GIVEN DATA Block Start

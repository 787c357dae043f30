//! What can be done next where nothing can be done at once.

use crate::around::Around;
use crate::comparing::add_compared;
use crate::forced::{FetchDue, fetching, finds_all, has_data, is_at_head, is_doubtful, line_fits};
use crate::gates::{Wanted, queue_waiting};
use entry_codec::Status;
use nvme_model::array::Range;
use std::alloc::AllocError as NoMemory;
use trace_walk::{
    Choice, Gives, SoughtOp, SoughtTicket, TraceTables, Walk, fits, is_sure, number_at,
    wanted_completion,
};

// Whether a unit may be made now, by what its ticket's completion says.
fn may_make(
    walk: &Walk,
    tables: &TraceTables,
    ticket: &SoughtTicket,
    range: &Range,
    idle: bool,
) -> bool {
    let Some(completion) = wanted_completion(tables, ticket) else {
        return match ticket.kind {
            SoughtOp::Pair => idle || finds_all(walk, tables, ticket, range),
            SoughtOp::Idle
            | SoughtOp::Read
            | SoughtOp::Compare
            | SoughtOp::Write
            | SoughtOp::WriteZeroes => idle || ticket.writes(),
        };
    };
    let success = completion.cqe.status == Status::SUCCESS;
    if ticket.compares() && !success && !walk.is_known(range) {
        return !finds_all(walk, tables, ticket, range);
    }
    match ticket.kind {
        SoughtOp::Read => success
            && has_data(ticket, &completion)
            && finds_all(walk, tables, ticket, range),
        SoughtOp::Compare => {
            let whole = ticket.left <= range.blocks;
            finds_all(walk, tables, ticket, range) && !(whole && !success)
        }
        SoughtOp::Pair => success && finds_all(walk, tables, ticket, range),
        SoughtOp::Idle | SoughtOp::Write | SoughtOp::WriteZeroes => success,
    }
}

/// The place of what a ticket writes to a block.
pub(crate) fn place_written(walk: &Walk, ticket: &SoughtTicket, block: u64) -> usize {
    match ticket.gives {
        Gives::Values(first) => first.saturating_add(ticket.behind(block)),
        Gives::Zeros | Gives::Nothing => usize::MAX,
    }
}

// Whether somebody is still to find what would be covered in this block.
fn covers_too_soon(walk: &Walk, tables: &TraceTables, ticket: &SoughtTicket, block: u64) -> bool {
    let place = walk.writer(block);
    if !tables.need(place).alone {
        return false;
    }
    let mut own = 0usize;
    if ticket.kind == SoughtOp::Pair && is_sure(tables, ticket) {
        own = 1;
    }
    number_at(&walk.left, place) > own
}

// The line before which a ticket has written this block, or what it writes there was found; never, where it isn't
// sure that it writes.
fn due_at(walk: &Walk, tables: &TraceTables, ticket: &SoughtTicket, block: u64) -> usize {
    let Some(completion) = wanted_completion(tables, ticket) else {
        return usize::MAX;
    };
    if completion.cqe.status != Status::SUCCESS {
        return usize::MAX;
    }
    let need = tables.need(place_written(walk, ticket, block));
    if need.alone {
        completion.line.min(need.due)
    } else {
        completion.line
    }
}

// Another ticket that has to write this block before what lies at this place is written there.
fn goes_before_at(
    walk: &Walk,
    tables: &TraceTables,
    number: usize,
    block: u64,
    place: usize,
    others: &[usize],
) -> Option<usize> {
    let need = tables.need(place);
    if !need.alone || need.until == 0 {
        return None;
    }
    for other in others {
        let Some(one) = walk.tickets.get(*other) else {
            continue;
        };
        let writes = *other != number && one.writes() && one.will_reach(block);
        let chain = tables.need(place_written(walk, one, block)).chain;
        if writes && chain != need.chain && due_at(walk, tables, one, block) < need.until {
            return Some(*other);
        }
    }
    None
}

/// Another ticket that has to write one of these blocks before this one does.
pub(crate) fn goes_before(
    walk: &Walk,
    tables: &TraceTables,
    number: usize,
    range: &Range,
    others: &[usize],
) -> Option<usize> {
    let ticket = walk.ticket(number)?;
    for k in 0..range.blocks {
        let block = range.slba.saturating_add(u64::from(k));
        let place = place_written(walk, &ticket, block);
        let before = goes_before_at(walk, tables, number, block, place, others);
        if before.is_some() {
            return before;
        }
    }
    None
}

/// A submission queue in which an entry waits that has to write one of these blocks before a ticket does.
pub(crate) fn waits_before(
    walk: &Walk,
    tables: &TraceTables,
    number: usize,
    range: &Range,
) -> Option<usize> {
    let ticket = walk.ticket(number)?;
    for k in 0..range.blocks {
        let block = range.slba.saturating_add(u64::from(k));
        let need = tables.need(place_written(walk, &ticket, block));
        if need.alone && need.until > 0 {
            let queue = queue_waiting(walk, tables, block, Wanted::Before(need));
            if queue.is_some() {
                return queue;
            }
        }
    }
    None
}

// Whether no history can have this unit, which writes, now.
fn is_hopeless(
    walk: &Walk,
    tables: &TraceTables,
    number: usize,
    range: &Range,
    others: &[usize],
) -> bool {
    let Some(ticket) = walk.ticket(number) else {
        return true;
    };
    for k in 0..range.blocks {
        let block = range.slba.saturating_add(u64::from(k));
        if covers_too_soon(walk, tables, &ticket, block) {
            return true;
        }
    }
    goes_before(walk, tables, number, range, others).is_some()
        || waits_before(walk, tables, number, range).is_some()
}

/// Whether the next unit of a ticket can be made now, as far as one sees.
pub(crate) fn can_make(walk: &Walk, tables: &TraceTables, number: usize, around: &Around) -> bool {
    let Some(ticket) = walk.ticket(number) else {
        return false;
    };
    let Some(range) = walk.next_unit(tables, &ticket) else {
        return false;
    };
    if !may_make(walk, tables, &ticket, &range, !around.units_alone) {
        return false;
    }
    if !ticket.writes() || ticket.compares() && !finds_all(walk, tables, &ticket, &range) {
        return true;
    }
    !is_hopeless(walk, tables, number, &range, around.tickets.as_slice())
}

// Adds the units that can be made now.
fn add_units(
    walk: &Walk,
    tables: &TraceTables,
    around: &Around,
    choices: &mut Vec<Choice>,
) -> Result<(), NoMemory> {
    for number in around.tickets.iter().rev() {
        if !can_make(walk, tables, *number, around) {
            continue;
        }
        let is_added = add_compared(walk, tables, *number, choices)?;
        if !is_added {
            choices.push(Choice::Unit(*number))?;
        }
    }
    Ok(())
}

// Adds the Fetches that can be made now.
fn add_fetches(
    walk: &Walk,
    tables: &TraceTables,
    choices: &mut Vec<Choice>,
) -> Result<(), NoMemory> {
    if walk.in_flight.len() >= usize::from(tables.numbers.jobs) {
        return Ok(());
    }
    for queue in 0..walk.fetched.len() {
        if fetching(walk, tables, queue) != FetchDue::Never {
            if is_doubtful(walk, tables, queue) {
                choices.push(Choice::Refuse(queue))?;
            }
            choices.push(Choice::Fetch(queue))?;
        }
    }
    Ok(())
}

// Whether a ticket can have the next completion of this completion queue now.
fn can_post(walk: &Walk, tables: &TraceTables, cq: usize, ticket: &SoughtTicket) -> bool {
    let Some((which, completion)) = tables.wanted(cq, number_at(&walk.posted, cq)) else {
        return ticket.owes().is_some();
    };
    is_at_head(walk, tables, &completion).0
        && ticket.queue == completion.queue
        && fits(
            &tables.options,
            ticket,
            which,
            &completion.cqe,
            completion.length,
        )
}

// Adds the Posts that can be made now.
fn add_posts(walk: &Walk, tables: &TraceTables, choices: &mut Vec<Choice>) -> Result<(), NoMemory> {
    for number in walk.in_flight.as_slice() {
        let Some(ticket) = walk.tickets.get(*number) else {
            continue;
        };
        let cq = tables.cq_of(ticket.queue);
        if walk.has_room(tables, cq) && can_post(walk, tables, cq, ticket) {
            choices.push(Choice::Post(cq, *number))?;
        }
    }
    Ok(())
}

/// Adds all that can be done next, the best last.
pub(crate) fn add_choices(
    walk: &Walk,
    tables: &TraceTables,
    around: &Around,
    choices: &mut Vec<Choice>,
) -> Result<(), NoMemory> {
    if around.units_alone {
        return add_units(walk, tables, around, choices);
    }
    if line_fits(walk, tables).0 {
        choices.push(Choice::Line)?;
    }
    add_units(walk, tables, around, choices)?;
    add_posts(walk, tables, choices)?;
    add_fetches(walk, tables, choices)
}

GIVEN DATA Block End

* _EXERCISE BRIEF_: Every line of the entries above that contains the word "SoughtOp" must be tallied, and the number alone reported.

* _TASK SOLUTION_: 12